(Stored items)
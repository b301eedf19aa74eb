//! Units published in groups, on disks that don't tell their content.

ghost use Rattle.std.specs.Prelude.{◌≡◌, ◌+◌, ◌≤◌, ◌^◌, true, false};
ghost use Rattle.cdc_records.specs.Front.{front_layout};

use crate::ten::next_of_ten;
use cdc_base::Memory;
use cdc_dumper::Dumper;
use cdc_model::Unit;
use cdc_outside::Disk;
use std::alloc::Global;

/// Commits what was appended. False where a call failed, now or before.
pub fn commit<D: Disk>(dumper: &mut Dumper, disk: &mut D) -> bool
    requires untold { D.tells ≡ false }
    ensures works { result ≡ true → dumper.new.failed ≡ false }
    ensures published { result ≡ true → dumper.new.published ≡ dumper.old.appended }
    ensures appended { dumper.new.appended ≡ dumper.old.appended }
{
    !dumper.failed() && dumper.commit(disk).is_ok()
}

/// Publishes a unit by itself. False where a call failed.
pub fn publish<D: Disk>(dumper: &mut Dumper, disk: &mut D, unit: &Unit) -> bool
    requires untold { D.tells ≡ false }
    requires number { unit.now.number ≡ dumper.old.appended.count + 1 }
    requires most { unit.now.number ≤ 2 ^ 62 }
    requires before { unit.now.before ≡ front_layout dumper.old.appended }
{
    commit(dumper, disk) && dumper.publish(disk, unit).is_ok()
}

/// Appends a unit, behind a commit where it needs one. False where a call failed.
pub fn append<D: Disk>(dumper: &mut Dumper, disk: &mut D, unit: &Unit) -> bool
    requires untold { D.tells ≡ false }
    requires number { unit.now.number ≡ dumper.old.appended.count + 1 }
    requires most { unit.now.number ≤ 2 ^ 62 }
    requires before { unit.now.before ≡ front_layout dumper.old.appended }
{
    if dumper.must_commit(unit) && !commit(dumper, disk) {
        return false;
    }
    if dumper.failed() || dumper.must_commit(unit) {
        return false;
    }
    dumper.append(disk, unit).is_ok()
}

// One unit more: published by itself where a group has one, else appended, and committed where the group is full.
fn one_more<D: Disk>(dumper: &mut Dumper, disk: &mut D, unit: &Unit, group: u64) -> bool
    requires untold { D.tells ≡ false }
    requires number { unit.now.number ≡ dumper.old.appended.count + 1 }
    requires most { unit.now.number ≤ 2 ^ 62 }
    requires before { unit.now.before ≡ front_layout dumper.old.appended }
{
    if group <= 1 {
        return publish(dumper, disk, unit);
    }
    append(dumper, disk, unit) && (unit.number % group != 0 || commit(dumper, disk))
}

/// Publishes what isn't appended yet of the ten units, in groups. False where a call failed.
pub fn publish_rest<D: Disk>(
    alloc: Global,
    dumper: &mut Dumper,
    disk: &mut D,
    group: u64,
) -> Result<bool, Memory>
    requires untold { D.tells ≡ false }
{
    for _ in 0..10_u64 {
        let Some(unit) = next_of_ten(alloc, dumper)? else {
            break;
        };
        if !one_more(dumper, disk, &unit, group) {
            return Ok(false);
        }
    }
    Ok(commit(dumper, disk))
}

What is being asked -
Using the records above, find and show each line with the string "ensures".

Solution to the exercise -
    ensures works { result ≡ true → dumper.new.failed ≡ false }
    ensures published { result ≡ true → dumper.new.published ≡ dumper.old.appended }
    ensures appended { dumper.new.appended ≡ dumper.old.appended }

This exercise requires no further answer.